*DESCRIPTION OF THE TASK*: Where a line contains "result ≤ max_len", start there and write out that line and each one after it, word for word, through the final line of the entries; add nothing else.

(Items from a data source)
━━━━━━━━━━━━━━━━━━━━
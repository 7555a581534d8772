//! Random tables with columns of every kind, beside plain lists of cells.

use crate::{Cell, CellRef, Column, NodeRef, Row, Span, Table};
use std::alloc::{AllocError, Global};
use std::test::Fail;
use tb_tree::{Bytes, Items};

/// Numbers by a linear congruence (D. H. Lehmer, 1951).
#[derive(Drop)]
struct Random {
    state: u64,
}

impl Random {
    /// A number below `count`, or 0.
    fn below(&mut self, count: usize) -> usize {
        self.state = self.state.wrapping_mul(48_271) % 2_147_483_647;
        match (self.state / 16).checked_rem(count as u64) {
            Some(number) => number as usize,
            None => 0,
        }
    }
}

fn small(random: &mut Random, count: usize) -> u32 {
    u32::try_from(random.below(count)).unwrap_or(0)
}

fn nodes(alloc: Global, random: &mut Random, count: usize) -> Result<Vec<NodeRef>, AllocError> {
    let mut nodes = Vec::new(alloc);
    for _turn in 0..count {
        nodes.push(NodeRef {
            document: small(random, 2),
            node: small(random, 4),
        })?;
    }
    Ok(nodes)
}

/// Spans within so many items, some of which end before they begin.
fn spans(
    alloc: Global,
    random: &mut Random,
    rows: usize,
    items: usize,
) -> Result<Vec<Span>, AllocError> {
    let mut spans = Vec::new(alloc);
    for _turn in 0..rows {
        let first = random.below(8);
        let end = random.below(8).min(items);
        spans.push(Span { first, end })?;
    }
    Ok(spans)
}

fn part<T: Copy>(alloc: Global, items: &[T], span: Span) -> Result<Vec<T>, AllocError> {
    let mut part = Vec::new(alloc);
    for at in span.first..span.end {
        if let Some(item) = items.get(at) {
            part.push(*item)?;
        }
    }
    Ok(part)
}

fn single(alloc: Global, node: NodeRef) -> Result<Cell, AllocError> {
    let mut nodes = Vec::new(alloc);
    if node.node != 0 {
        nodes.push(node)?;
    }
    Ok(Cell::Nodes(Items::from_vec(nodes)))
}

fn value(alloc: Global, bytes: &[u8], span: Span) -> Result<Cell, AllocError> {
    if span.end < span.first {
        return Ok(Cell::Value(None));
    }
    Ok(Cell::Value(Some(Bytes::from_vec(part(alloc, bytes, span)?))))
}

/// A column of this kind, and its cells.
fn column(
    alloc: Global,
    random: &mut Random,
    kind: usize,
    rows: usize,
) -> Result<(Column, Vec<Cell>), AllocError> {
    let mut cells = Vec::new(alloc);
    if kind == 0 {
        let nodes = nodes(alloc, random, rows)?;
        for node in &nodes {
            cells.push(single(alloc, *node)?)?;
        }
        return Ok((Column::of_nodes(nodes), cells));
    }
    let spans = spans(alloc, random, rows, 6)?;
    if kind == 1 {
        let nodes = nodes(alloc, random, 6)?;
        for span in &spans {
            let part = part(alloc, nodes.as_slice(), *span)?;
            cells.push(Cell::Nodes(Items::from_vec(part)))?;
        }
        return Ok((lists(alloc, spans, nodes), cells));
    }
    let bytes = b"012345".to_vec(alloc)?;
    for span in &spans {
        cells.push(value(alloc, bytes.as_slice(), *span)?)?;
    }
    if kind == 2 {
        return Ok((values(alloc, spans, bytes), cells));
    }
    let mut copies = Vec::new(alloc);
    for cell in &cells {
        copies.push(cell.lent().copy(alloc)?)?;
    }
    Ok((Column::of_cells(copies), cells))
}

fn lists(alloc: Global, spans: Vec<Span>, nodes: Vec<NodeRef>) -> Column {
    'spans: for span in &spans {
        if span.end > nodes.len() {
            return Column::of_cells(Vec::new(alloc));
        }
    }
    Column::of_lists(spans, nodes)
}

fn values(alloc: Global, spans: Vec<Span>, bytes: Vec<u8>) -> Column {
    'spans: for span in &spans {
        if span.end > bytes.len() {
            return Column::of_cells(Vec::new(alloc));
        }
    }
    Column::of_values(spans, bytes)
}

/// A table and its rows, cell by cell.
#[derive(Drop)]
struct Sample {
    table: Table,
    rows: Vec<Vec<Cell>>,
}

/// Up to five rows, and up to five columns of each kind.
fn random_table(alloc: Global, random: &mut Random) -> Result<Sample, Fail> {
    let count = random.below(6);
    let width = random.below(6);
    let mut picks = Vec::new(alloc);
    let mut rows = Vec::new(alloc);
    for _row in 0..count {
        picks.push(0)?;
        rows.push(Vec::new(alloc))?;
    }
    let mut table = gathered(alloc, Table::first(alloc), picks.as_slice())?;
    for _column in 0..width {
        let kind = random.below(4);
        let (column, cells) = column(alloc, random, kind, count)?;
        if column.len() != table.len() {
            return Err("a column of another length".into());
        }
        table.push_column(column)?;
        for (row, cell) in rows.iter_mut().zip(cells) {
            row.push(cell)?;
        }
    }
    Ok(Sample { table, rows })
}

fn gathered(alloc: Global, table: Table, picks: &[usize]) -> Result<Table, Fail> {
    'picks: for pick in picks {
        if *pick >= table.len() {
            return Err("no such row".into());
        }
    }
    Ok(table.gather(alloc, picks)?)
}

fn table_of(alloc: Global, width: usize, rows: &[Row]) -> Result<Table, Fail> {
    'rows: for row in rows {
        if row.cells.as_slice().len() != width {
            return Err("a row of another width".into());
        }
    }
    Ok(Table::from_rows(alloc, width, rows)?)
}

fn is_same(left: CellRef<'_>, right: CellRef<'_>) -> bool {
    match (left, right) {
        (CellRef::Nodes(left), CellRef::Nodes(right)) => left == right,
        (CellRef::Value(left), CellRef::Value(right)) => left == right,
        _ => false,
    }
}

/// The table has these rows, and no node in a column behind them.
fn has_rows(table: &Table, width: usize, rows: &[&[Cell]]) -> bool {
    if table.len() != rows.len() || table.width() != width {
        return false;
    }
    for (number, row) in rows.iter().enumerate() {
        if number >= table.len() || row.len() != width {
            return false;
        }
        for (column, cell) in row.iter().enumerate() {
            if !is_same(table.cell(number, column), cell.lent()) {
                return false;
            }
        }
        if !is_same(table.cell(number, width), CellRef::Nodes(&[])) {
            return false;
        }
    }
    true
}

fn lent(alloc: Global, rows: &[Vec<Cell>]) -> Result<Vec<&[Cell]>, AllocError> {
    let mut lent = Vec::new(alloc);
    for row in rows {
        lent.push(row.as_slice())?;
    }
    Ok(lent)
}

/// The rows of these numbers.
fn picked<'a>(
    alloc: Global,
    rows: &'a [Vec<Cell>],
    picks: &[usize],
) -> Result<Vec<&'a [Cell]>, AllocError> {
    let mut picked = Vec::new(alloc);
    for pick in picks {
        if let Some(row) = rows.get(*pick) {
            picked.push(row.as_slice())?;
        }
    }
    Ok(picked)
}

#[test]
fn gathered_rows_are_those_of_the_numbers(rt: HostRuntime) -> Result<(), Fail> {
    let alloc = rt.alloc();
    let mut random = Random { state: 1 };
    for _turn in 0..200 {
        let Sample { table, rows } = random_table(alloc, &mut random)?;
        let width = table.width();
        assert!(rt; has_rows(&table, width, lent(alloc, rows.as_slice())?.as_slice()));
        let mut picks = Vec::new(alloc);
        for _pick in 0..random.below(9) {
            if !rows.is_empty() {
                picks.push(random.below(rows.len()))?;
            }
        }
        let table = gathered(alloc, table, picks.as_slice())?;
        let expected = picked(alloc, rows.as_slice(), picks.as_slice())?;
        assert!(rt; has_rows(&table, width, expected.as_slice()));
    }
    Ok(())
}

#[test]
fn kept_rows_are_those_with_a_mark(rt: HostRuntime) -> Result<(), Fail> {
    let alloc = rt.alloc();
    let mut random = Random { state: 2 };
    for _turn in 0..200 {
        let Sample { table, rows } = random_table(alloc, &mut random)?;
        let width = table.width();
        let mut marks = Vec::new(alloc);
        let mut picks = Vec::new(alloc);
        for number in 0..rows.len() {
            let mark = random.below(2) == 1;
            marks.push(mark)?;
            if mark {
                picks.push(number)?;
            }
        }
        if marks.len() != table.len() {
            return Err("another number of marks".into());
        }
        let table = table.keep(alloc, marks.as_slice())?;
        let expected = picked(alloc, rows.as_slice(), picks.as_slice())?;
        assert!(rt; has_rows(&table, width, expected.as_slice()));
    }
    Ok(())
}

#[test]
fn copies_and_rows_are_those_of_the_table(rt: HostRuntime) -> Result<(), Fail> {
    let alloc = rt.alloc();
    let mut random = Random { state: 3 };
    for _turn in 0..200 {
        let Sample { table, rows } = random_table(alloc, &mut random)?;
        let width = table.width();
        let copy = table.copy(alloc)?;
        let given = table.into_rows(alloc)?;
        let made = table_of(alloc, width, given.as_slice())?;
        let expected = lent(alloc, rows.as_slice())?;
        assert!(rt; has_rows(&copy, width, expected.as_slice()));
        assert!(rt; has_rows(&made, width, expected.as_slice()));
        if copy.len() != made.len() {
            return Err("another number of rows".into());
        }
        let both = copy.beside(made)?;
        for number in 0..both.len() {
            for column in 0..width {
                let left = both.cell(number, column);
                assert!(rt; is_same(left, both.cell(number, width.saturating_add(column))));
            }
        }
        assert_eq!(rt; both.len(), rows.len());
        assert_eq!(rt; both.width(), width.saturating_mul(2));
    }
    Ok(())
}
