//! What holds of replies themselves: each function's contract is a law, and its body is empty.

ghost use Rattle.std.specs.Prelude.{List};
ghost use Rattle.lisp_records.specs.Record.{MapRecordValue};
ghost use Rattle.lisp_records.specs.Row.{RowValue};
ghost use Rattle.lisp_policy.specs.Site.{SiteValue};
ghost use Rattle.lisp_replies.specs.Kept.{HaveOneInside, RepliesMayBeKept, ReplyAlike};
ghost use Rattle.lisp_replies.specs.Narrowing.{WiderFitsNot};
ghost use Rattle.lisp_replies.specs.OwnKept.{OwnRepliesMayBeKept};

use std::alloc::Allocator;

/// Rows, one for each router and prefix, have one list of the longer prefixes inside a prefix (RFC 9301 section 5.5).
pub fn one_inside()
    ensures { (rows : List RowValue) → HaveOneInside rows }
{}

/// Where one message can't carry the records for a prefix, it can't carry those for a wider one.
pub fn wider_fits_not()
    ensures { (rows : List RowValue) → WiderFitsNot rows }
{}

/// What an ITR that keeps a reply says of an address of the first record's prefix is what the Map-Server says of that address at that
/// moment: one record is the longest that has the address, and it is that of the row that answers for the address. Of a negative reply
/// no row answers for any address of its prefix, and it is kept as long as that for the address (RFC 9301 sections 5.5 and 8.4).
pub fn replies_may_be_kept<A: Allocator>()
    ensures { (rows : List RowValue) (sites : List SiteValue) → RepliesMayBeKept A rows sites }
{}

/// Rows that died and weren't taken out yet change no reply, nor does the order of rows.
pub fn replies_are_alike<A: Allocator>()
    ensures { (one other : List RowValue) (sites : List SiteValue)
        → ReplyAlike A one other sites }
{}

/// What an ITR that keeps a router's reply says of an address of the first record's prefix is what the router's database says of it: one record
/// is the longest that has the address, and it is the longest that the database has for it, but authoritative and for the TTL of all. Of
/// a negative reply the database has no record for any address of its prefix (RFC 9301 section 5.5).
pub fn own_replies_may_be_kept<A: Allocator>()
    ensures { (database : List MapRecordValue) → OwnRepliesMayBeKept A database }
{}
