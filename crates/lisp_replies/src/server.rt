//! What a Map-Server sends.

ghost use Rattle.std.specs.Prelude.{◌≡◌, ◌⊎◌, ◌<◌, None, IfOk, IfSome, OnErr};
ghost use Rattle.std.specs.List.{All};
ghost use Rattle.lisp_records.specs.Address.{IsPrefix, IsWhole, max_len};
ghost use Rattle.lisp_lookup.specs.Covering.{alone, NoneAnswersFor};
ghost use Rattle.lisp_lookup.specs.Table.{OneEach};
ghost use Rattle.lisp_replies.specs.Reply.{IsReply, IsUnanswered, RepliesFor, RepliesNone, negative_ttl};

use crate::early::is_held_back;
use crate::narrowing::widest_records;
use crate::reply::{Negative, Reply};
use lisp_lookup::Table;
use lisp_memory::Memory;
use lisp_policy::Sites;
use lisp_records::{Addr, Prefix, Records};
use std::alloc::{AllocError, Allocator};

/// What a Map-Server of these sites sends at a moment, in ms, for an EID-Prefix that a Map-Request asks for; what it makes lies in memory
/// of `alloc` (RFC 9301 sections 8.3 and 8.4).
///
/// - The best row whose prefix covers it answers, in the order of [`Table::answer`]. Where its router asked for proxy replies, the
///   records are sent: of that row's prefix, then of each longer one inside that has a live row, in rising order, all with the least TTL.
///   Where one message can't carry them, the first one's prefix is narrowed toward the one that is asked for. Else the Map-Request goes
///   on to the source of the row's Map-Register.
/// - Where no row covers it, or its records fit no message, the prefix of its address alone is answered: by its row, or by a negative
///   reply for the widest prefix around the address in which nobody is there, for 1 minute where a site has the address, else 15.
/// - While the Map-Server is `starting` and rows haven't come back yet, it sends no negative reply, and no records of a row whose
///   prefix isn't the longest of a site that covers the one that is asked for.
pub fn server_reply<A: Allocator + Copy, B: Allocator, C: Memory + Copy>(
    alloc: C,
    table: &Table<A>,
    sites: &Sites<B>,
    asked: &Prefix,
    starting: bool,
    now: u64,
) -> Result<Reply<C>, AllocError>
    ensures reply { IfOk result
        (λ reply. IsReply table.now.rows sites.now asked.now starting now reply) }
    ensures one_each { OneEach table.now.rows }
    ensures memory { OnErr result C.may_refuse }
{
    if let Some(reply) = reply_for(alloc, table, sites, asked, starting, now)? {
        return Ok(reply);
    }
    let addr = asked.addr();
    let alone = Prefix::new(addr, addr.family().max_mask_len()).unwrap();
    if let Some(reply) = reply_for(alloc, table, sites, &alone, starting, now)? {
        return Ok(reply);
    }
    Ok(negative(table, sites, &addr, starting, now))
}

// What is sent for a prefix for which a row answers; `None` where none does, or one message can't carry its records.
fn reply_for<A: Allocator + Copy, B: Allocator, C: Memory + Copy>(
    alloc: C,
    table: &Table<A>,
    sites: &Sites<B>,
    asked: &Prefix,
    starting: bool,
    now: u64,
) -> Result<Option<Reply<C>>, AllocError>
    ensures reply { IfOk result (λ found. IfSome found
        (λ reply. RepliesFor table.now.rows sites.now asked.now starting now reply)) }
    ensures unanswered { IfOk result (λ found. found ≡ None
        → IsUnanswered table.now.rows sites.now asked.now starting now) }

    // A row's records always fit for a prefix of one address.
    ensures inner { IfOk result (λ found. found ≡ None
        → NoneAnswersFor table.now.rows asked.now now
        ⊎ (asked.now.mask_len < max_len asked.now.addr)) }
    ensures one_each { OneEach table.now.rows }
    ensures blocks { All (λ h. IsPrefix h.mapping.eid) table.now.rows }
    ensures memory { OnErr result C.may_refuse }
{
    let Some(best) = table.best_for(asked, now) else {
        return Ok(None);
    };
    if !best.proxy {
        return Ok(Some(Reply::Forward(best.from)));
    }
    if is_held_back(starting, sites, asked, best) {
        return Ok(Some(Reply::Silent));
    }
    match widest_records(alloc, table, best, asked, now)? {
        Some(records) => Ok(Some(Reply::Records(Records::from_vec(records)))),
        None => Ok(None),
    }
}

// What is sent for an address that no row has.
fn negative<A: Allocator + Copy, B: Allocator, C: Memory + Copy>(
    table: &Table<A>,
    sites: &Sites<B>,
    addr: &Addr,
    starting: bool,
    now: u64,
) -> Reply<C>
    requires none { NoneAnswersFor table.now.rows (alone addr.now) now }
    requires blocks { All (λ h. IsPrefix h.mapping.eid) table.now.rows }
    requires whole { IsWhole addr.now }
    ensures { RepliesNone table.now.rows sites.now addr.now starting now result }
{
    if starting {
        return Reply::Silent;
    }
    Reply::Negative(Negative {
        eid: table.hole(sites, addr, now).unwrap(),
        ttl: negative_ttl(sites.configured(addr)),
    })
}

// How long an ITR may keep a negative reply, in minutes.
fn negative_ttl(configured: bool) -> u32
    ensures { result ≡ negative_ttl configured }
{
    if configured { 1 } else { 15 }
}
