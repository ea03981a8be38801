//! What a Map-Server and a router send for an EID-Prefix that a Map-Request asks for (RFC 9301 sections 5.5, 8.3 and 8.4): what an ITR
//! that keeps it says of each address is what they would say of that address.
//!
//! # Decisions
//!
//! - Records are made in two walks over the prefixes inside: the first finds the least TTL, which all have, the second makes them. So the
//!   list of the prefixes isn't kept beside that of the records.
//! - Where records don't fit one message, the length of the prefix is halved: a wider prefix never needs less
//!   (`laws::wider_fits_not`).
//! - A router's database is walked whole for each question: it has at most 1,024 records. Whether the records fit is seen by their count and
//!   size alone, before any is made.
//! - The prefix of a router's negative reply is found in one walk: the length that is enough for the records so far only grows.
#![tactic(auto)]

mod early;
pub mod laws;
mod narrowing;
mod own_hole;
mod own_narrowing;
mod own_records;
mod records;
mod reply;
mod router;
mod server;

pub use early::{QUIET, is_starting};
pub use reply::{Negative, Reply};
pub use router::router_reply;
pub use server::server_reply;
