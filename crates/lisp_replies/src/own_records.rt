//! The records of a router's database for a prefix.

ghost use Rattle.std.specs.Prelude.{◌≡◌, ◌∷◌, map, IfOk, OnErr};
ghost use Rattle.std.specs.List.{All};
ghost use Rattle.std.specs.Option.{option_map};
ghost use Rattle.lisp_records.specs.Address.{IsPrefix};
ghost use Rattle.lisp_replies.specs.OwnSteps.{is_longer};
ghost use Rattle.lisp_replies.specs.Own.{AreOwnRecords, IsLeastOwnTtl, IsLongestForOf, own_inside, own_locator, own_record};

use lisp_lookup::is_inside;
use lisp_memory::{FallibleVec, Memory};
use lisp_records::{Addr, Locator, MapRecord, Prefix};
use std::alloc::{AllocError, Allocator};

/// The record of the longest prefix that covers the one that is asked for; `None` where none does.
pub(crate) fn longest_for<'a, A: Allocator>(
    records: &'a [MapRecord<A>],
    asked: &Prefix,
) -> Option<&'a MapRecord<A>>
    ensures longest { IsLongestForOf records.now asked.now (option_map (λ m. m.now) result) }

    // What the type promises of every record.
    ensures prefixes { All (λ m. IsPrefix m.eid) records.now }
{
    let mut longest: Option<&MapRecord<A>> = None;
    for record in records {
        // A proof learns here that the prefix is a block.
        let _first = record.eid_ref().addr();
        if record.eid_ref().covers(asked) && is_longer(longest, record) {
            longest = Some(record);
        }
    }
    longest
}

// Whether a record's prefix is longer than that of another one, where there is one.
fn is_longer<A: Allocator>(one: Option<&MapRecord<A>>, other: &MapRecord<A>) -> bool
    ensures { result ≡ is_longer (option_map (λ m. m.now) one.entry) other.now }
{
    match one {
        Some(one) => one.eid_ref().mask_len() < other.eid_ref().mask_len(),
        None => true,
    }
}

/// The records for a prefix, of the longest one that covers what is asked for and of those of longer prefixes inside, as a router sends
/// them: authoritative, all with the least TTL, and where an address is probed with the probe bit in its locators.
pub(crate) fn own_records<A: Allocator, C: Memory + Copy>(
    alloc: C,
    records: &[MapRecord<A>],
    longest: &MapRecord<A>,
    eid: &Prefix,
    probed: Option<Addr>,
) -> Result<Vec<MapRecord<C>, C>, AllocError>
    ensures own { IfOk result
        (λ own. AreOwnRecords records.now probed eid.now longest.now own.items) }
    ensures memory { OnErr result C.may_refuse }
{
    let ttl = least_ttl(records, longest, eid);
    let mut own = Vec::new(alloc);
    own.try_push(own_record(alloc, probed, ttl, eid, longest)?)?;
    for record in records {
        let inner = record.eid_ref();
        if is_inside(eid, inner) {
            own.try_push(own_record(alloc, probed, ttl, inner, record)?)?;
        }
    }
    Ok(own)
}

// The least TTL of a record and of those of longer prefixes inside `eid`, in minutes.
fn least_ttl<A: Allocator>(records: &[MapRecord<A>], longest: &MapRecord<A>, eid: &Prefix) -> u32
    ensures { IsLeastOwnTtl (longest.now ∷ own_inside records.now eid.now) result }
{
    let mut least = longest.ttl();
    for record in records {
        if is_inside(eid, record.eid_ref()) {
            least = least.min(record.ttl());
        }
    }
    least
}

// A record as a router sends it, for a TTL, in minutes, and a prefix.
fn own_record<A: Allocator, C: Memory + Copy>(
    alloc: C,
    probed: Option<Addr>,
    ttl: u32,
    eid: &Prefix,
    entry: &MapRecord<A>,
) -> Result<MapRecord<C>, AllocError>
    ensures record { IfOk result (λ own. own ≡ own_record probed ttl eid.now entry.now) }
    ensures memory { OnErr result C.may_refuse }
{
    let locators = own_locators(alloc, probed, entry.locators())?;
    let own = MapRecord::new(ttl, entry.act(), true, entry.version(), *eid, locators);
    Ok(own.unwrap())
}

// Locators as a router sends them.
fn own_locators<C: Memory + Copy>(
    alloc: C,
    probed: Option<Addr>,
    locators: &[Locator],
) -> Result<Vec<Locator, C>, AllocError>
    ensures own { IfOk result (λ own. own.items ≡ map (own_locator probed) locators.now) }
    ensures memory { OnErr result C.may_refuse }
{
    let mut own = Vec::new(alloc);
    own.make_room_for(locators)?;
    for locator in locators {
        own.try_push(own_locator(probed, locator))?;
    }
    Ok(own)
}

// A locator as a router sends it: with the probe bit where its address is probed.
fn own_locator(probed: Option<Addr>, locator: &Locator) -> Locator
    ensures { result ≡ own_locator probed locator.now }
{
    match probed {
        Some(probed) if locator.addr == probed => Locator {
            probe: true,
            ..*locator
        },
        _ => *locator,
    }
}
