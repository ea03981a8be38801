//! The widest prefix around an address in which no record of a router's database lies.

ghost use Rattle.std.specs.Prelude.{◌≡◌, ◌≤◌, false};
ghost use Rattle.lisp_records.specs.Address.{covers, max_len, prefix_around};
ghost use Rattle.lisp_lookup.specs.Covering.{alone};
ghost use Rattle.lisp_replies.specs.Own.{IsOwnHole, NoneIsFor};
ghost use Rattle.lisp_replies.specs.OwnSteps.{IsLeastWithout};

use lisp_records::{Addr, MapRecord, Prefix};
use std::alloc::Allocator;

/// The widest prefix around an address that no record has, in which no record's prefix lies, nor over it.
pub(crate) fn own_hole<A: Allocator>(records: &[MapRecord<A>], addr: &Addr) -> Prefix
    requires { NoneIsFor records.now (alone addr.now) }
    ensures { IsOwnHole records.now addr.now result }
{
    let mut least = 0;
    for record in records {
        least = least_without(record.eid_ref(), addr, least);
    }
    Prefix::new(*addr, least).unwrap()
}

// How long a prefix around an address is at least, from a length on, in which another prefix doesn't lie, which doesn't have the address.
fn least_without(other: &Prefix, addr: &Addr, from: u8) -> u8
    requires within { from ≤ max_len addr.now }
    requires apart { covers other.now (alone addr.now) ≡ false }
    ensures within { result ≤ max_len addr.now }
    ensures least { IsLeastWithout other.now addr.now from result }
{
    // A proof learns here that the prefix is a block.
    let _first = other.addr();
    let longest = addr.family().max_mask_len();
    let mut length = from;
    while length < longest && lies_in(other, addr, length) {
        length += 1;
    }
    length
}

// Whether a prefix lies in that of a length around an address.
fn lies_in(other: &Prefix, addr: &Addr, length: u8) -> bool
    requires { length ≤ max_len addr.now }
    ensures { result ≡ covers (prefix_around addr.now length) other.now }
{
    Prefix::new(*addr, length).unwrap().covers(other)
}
━━━━━━━━━━━━━━━━━━━━
*RESULT BELOW*:
    ensures within { result ≤ max_len addr.now }
    ensures least { IsLeastWithout other.now addr.now from result }
{
    // A proof learns here that the prefix is a block.
    let _first = other.addr();
    let longest = addr.family().max_mask_len();
    let mut length = from;
    while length < longest && lies_in(other, addr, length) {
        length += 1;
    }
    length
}

// Whether a prefix lies in that of a length around an address.
fn lies_in(other: &Prefix, addr: &Addr, length: u8) -> bool
    requires { length ≤ max_len addr.now }
    ensures { result ≡ covers (prefix_around addr.now length) other.now }
{
    Prefix::new(*addr, length).unwrap().covers(other)
}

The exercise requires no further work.